The new Mulan looked like something I’ve been begging for in this surging era of live-action Disney remakes, namely something different. I don’t need inferior live-action versions to shorter animated classics, and as Disney enters into a more modern trove of remakes, the courage to adapt becomes noticeably less. There’s a reason the 2019 Lion King was simply a sludgier, superfluous version that was beat-for-beat the same, and it’s called $1.5 billion dollars worldwide. People want their nostalgia as they remember it, thank you very much. The Mulan remake looked to be taking a different route; it eliminated the songs, the comic relief sidekicks, and overt supernatural characters. It was going to be more serious, more mature, and more action-packed, and I was all for it. The release was pushed back several months due to COVID and finally lands on Disney+ but at an extra cost. I would advise fans to wait. This new Mulan 2020 isn’t worth your time and it’s certainly not worth an additional $30 to be disappointed by.

Mulan (Yifei Liu) is a young maiden in old China who has trouble fitting into how society says a woman should behave. The Emperor (Jet Li) orders all families to supply one male into the royal army to combat Bori Khan (Jason Scott Lee) and his powerful witch, Xianniang (Gong Li). Mulan takes her family armor and poses as a man to take the place of her ailing father. She wants to serve but she’s also hungry for adventure, and over the course of her training, she will come to fully understand her real power.

I knew within minutes that this movie was in trouble. In a flashback, we watch young Mulan chasing after a chicken, not listening to her father, causing havoc and consternation from neighbors, but then she effortlessly climbs to the roof of her neighborhood and then, as she falls off, is effortlessly able to recapture her balance and land perfectly like she was Spider-Man. From there, the first act tells us that Mulan is not just a super-powered being of high chi (think midi-chlorians and The Force) but also potentially the Chosen One (like Anakin Skywalker) and she must hide her real power to… not bring disgrace to her family? I’m sorry but this makes little sense. I understand the oppressive cultural expectations for women at this time and how women’s real value, as judged by their society, was through marriage and child-rearing. However, we’re now in a world of magic where living super-powered beings walk among us (mutants in X-Men), but rather than valuing this, it’s shunned because she’s a girl? That seems even more preposterous to me. The screenplay followed the Captain Marvel feminist theme and it’s about a woman finally coming into her own power, shunning the restraints, and embracing her full potential against the wishes of frightened men. If after reading all of this that sounds like a good start for a movie, let alone a live-action remake of Mulan, then have at it, dear reader. For me, this began as a thematic and tonal mess that didn’t get better. By making Mulan a super-powered being it eliminates her relatability and the stakes of the movie. She’s no longer an ordinary girl who struggles to do her best. Now she’s essentially a god who just has to turn on her powers and subdue easily outmatched opponents. That’s a significant loss and mistake.

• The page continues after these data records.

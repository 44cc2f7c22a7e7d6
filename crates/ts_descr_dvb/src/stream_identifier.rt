//! The fields of a `stream_identifier_descriptor` (ETSI EN 300 468, 6.2.39).

use crate::listed::list_of;
use std::alloc::{AllocError, Global};
use ts_descr::Fields;
use ts_fields::FieldValue;

/// The tag by which other descriptors refer to a component (ETSI EN 300 468, 6.2.39).
#[derive(Drop)]
pub struct StreamIdentifier {
    /// `component_tag`, 8 bits.
    pub component_tag: u8,
}

impl Fields for StreamIdentifier {
    ghost use Rattle.ts_pages.specs.DvbPages.{stream_identifier};
    ghost use Rattle.ts_descr_dvb.specs.DvbFields.{stream_identifier_fields};

    ghost rows = { stream_identifier.head };

    ghost fields = { stream_identifier_fields };

    #[tactic(auto, unfolding(ts_fields::specs::Fitting::fits))]
    fn of(alloc: Global, values: &[FieldValue]) -> Result<Option<StreamIdentifier>, AllocError> {
        let [FieldValue::Number(component_tag)] = values else {
            return Ok(None);
        };
        Ok(Some(StreamIdentifier {
            component_tag: *component_tag as u8,
        }))
    }

    #[tactic(auto, unfolding(ts_fields::specs::Fitting::fits_uncounted))]
    fn values(&self, alloc: Global) -> Result<Vec<FieldValue>, AllocError> {
        list_of(alloc, [FieldValue::Number(u64::from(self.component_tag))])
    }
}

If you were going to be a martial arts epic where characters have super powers, then be that movie and give me epic showdowns between epic warriors. Give me a heavy dose of magic realism and eye-popping imagery. Chinese cinema has plenty of examples of these kinds of movies in recent years. One needs to only start cycling through the filmography of Zhang Yimou for spellbinding supernatural martial arts epics like Hero and House of Flying Daggers and 2018’s Shadow. If you’re going to be a heightened world of extraordinary combat, then build your movie around that tonal decision and start from there. In Mulan 2020, people exist with amazing abilities but nobody treats this with the recognition it deserves. There appears to be a prevalent form of sexism as powerful men are seen as impressive but powerful women are seen as frightening and dangerous, often derided as witches. There was room for exploration of Gong Li’s (2046, Memoirs of a Geisha) character and the parallels with Mulan, both women feared for their powers and apparent threat to a hierarchy that wants to exploit them but not include them. My girlfriend was irate throughout the viewing and pointed specifically at the witch character and declared, “They’re going to give her a lame redemption story where she sacrifices herself at the end to save Mulan, and I will hate it.” And boy oh boy did she hate it.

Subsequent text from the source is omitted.